Гольдфарб по линии фонда Сороса обеспечивал грантами академические институты в Москве, Новосибирске и других городах. Он оказал помощь и отделу радиобиологии Курчатовского института атомной энергии, который, оставаясь в том же здании, был преобразован уже в самостоятельный Институт молекулярной генетики. Свою собственную лабораторию в США Гольдфарб перенес из Нью-Йорка в Институт здоровья в Ньюарке, штат Нью-Джерси. Здесь был отдел туберкулеза, который получил в 1997 году большой грант в 13 миллионов долларов от Сороса на борьбу с устойчивым к антибиотикам туберкулезом в тюрьмах Томской области России. Для работы в лаборатории Гольдфарба в Ньюарке переехали около 15 молодых русских ученых из Новосибирска, Иркутска, Москвы и других городов. По существу, эта лаборатория стала чисто русской и продолжала теоретическую работу по механизмам синтеза РНК и ДНК.

Фонд Сороса потерпел, однако, крах в августе 1998 года, вместе с экономическим кризисом.
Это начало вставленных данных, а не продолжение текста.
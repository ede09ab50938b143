// The features of a filter, for commands that act on them.
ghost use Rattle.std.specs.Prelude.{◌≡◌, IfOk};
ghost use Rattle.gm_engine_rows.specs.State.{State};
ghost use Rattle.gm_filter.specs.Suitability.{Suits as SuitsType};
ghost use Rattle.gm_filter.specs.Tree.{tree};
ghost use Rattle.gm_script.specs.Order.{asked_by};
ghost use Rattle.gm_script.specs.Suits.{IsHint};
ghost use Rattle.gm_program.specs.Matched.{IsMatched};
ghost use Rattle.gm_program.specs.Step.{plain};
ghost use Rattle.gm_program.specs.Store.{IsTypeOf, HasType};

use super::parts::read_plan;
use super::plan::{Planned, plan_for};
use gm_base::{Code, NoMemory};
use gm_feature::FeatureList;
use gm_filter::Filter;
use gm_script::Ask;
use gm_strategy::{parts_are_served, parts_find_all};
use gm_table::Sorted;
use gm_types::FeatureType;
use std::alloc::Global;

/// What is found for a command that acts on the features of a filter.
#[derive(Drop)]
pub(super) enum Matched {
    Refused(Code),

    /// The features, each once, and how many rows were examined for them.
    Features(FeatureList, u64),
}

/// The number of ranges that a question without words asks for.
const TARGET: u64 = 2_000;

/// A question without words.
pub(super) fn plainly(type_number: u16, filter: Filter) -> Ask
    ensures { asked_by result ≡ plain type_number (tree filter) }
{
    Ask {
        number: type_number,
        hint: None,
        target: TARGET,
        filter,
    }
}

/// The features of this type that a question asks for.
pub(super) fn matching<B: Sorted>(
    alloc: Global,
    of: &FeatureType,
    ask: &Ask,
    table: &B,
    tally: &mut B::Tally,
) -> Result<Matched, NoMemory>
    requires typed { HasType of.now (B.rows table.now) }
    requires numbered { of.now.number ≡ (asked_by ask.now).number }
    requires suits { SuitsType of.now (tree ask.now.filter) }
    requires hint { IsHint of.now ask.now.hint }
    ensures { (s : State) → IsTypeOf s of.now (B.rows table.now)
        → IfOk result (IsMatched s of.now (asked_by ask.now)
        (B.Tally.number tally.old) (B.Tally.number tally.new)) }
{
    parts_are_served();
    parts_find_all();
    match plan_for(alloc, of, ask)? {
        Planned::Refused(code) => Ok(Matched::Refused(code)),
        Planned::Parts(plan, target) => {
            let read = read_plan(alloc, of, plan.as_slice(), target, table, tally)?;
            let examined = read.examined;
            let features = read.found.into_features(alloc)?;
            Ok(Matched::Features(features, examined))
        }
    }
}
Сорос, как профессиональный валютный спекулянт, начал еще в 1995 году операции с очень прибыльными тогда российскими бонами Центрального банка, дававшими феноменальные 150 процентов прибыли в год. Это была государственная финансовая пирамида, рассчитанная на рост доходов от продаж нефти. Падение цен на нефть в 1998 году привело и к коллапсу финансовой пирамиды, и к дефолту. Сорос, по некоторым сообщениям, потерял на российском дефолте около 2 миллиардов долларов и поссорился со всей администрацией России.
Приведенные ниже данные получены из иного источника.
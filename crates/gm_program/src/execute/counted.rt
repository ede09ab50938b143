// How many features the parts of a plan find.
ghost use Rattle.std.specs.Prelude.{◌≡◌, ◌≤◌, [], ◌∷◌, All, map, length, IfOk, OnOk};
ghost use Rattle.gm_base.specs.Counter.{capped_sum};
ghost use Rattle.gm_engine_rows.specs.State.{State};
ghost use Rattle.gm_engine_rows.specs.Rows.{rows_of};
ghost use Rattle.gm_filter.specs.Tree.{tree};
ghost use Rattle.gm_strategy.specs.Choice.{IsServed, chosen_of};
ghost use Rattle.gm_program.specs.Collecting.{Counts};
ghost use Rattle.gm_program.specs.Found.{tests_of};
ghost use Rattle.gm_program.specs.Question.{rows_read, rows_examined};
ghost use Rattle.gm_program.specs.Store.{IsTypeOf, HasType};

use super::in_order::count_in_order;
use super::rows::read_rows;
use super::spans::spans_of;
use gm_base::{Counter, NoMemory};
use gm_scan::{Keeping, count_one};
use gm_strategy::Part;
use gm_table::Sorted;
use gm_types::FeatureType;
use std::alloc::Global;

/// How many features are found, and how many rows are examined for them.
#[derive(Clone, Copy, Debug)]
pub(super) struct Counted {
    pub(super) matched: u64,
    pub(super) examined: u64,
}

/// Counts what the parts of a plan find. Where there are several, one feature may be found by two,
/// so their identifiers are kept.
pub(super) fn count_plan<B: Sorted>(
    alloc: Global,
    of: &FeatureType,
    parts: &[Part],
    target: u32,
    table: &B,
    tally: &mut B::Tally,
) -> Result<Counted, NoMemory>
    requires typed { HasType of.now (B.rows table.now) }
    requires served { All (IsServed of.now) (map chosen_of parts.now) }
    requires few { length parts.now ≤ 8 }
    requires least { 1 ≤ target }
    requires most { target ≤ 10000 }
    ensures matched { (s : State) → IsTypeOf s of.now (B.rows table.now) → IfOk result (λ counted.
        Counts s of.now.number (tests_of (map chosen_of parts.now)) counted.matched) }
    ensures examined { (s : State) → IsTypeOf s of.now (B.rows table.now) → IfOk result (λ counted.
        (counted.examined ≡ rows_examined of.now target (rows_of s) (map chosen_of parts.now))
        × (B.Tally.number tally.new ≡ capped_sum (B.Tally.number tally.old) counted.examined)) }
{
    if parts.len() == 1 {
        return count_alone(alloc, of, &parts[0], target, table, tally);
    }
    let read = read_rows(alloc, of, parts, target, Keeping::Ids, table, tally)?;
    let matched = count_in_order(alloc, &read.rows)?;
    let examined = read.examined;
    Ok(Counted { matched, examined })
}

// Counts what one part finds.
fn count_alone<B: Sorted>(
    alloc: Global,
    of: &FeatureType,
    part: &Part,
    target: u32,
    table: &B,
    tally: &mut B::Tally,
) -> Result<Counted, NoMemory>
    requires typed { HasType of.now (B.rows table.now) }
    requires served { IsServed of.now (chosen_of part.now) }
    requires least { 1 ≤ target }
    requires most { target ≤ 10000 }
    ensures matched { (s : State) → IsTypeOf s of.now (B.rows table.now) → IfOk result (λ counted.
        Counts s of.now.number (tree part.now.filter ∷ []) counted.matched) }
    ensures examined { (s : State) → IsTypeOf s of.now (B.rows table.now) → IfOk result (λ counted.
        (counted.examined ≡ rows_read of.now target (rows_of s) (chosen_of part.now))
        × (B.Tally.number tally.new ≡ capped_sum (B.Tally.number tally.old) counted.examined)) }
{
    let mut counter = tally.part();
    let count = count_part(alloc, of, part, target, table, &mut counter);
    let examined = counter.rows();
    tally.join(counter);
    let matched = count?;
    Ok(Counted { matched, examined })
}

// Each feature of the type has one key in an index, and no key is read twice.
fn count_part<B: Sorted>(
    alloc: Global,
    of: &FeatureType,
    part: &Part,
    target: u32,
    table: &B,
    tally: &mut B::Tally,
) -> Result<u64, NoMemory>
    requires typed { HasType of.now (B.rows table.now) }
    requires served { IsServed of.now (chosen_of part.now) }
    requires least { 1 ≤ target }
    requires most { target ≤ 10000 }
    ensures matched { (s : State) → IsTypeOf s of.now (B.rows table.now)
        → IfOk result (Counts s of.now.number (tree part.now.filter ∷ [])) }
    ensures tally { (s : State) → IsTypeOf s of.now (B.rows table.now)
        → OnOk result (B.Tally.number tally.new
        ≡ capped_sum (B.Tally.number tally.old)
        (rows_read of.now target (rows_of s) (chosen_of part.now))) }
{
    let spans = spans_of(alloc, of, part, target)?;
    count_one(alloc, of, table, &spans, &part.filter, tally)
}
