// `create`
ghost use Rattle.std.specs.Prelude.{◌<◌, ◌^◌, ℕ, IfOk};
ghost use Rattle.gm_engine_rows.specs.State.{State};
ghost use Rattle.gm_script.specs.Order as order;
ghost use Rattle.gm_script.specs.Suits.{Suits};
ghost use Rattle.gm_table.specs.Sorted.{Rows};
ghost use Rattle.gm_program.specs.Serve.{Executes};
ghost use Rattle.gm_program.specs.Step.{create_step};
ghost use Rattle.gm_program.specs.Store.{Holds};

use gm_base::NoMemory;
use gm_engine_rows::a_new_type_has_no_rows;
use gm_script::Reply;
use gm_types::{FeatureType, TypeList};
use std::alloc::Global;

/// Takes a further type.
pub(super) fn create(
    alloc: Global,
    of: FeatureType,
    types: &mut TypeList,
) -> Result<Option<Reply>, NoMemory>
    requires { Suits types.old (order.create of) }
    ensures { (s : State) (rows : Rows) (tally : ℕ) → tally < 2 ^ 64 → Holds s types.old rows
        → IfOk result (λ reply. Executes (create_step of s) reply types.new rows tally tally) }
{
    a_new_type_has_no_rows();
    let name = of.name().copy(alloc)?;
    types.push(of)?;
    // The types are numbered by their places, and their names differ.
    let _types = types.as_slice();
    Ok(Some(Reply::Created(name)))
}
Обида Сороса на Россию и отказ нового премьера Примакова даже от обсуждения соросовских проблем привели и к развалу всех «соросовских» программ. Для Гольдфарба это не было трагедией. Но он все же потерял свой «международный» статус. Распределение финансовых фондов и участие в решении судеб людей – это, возможно, своего рода «addiction», страсть, зависимость. Текущая работа в лаборатории уже не стимулировала и не давала возбуждающего эффекта. Фонд Березовского по размерам был скромнее соросовского и ориентирован на политические авантюры в России, Украине и других странах СНГ. Да и сам Березовский, в отличие от Сороса, вмешивался почти во все дела по распределению денег. У Сороса было гипертщеславие. В молодости ему не удалось получить ученую степень, но позже он стал считать себя выдающимся ученым и философом. Отсюда и его требования, чтобы получатели даже скромных грантов добавляли к своему титулу определение «соросовский». Поэтому в России и в других странах СНГ появились «соросовские» профессора, доценты, аспиранты и даже «соросовские» учителя. Приставка «соросовский» стала почетной, знаком избранника с более высоким доходом. В настоящее время соросовские гранты переместились в Грузию и выдаются чиновникам, которые, однако, их не афишируют. Получают соросовские гранты и члены грузинского правительства. Они распространяются не для того, чтобы чиновники не уезжали из страны, а для того, чтобы они не брали взяток. Это, конечно, тоже благородная задача. Сомневаюсь, однако, что средства на эти фонды берутся из личных сбережений Сороса.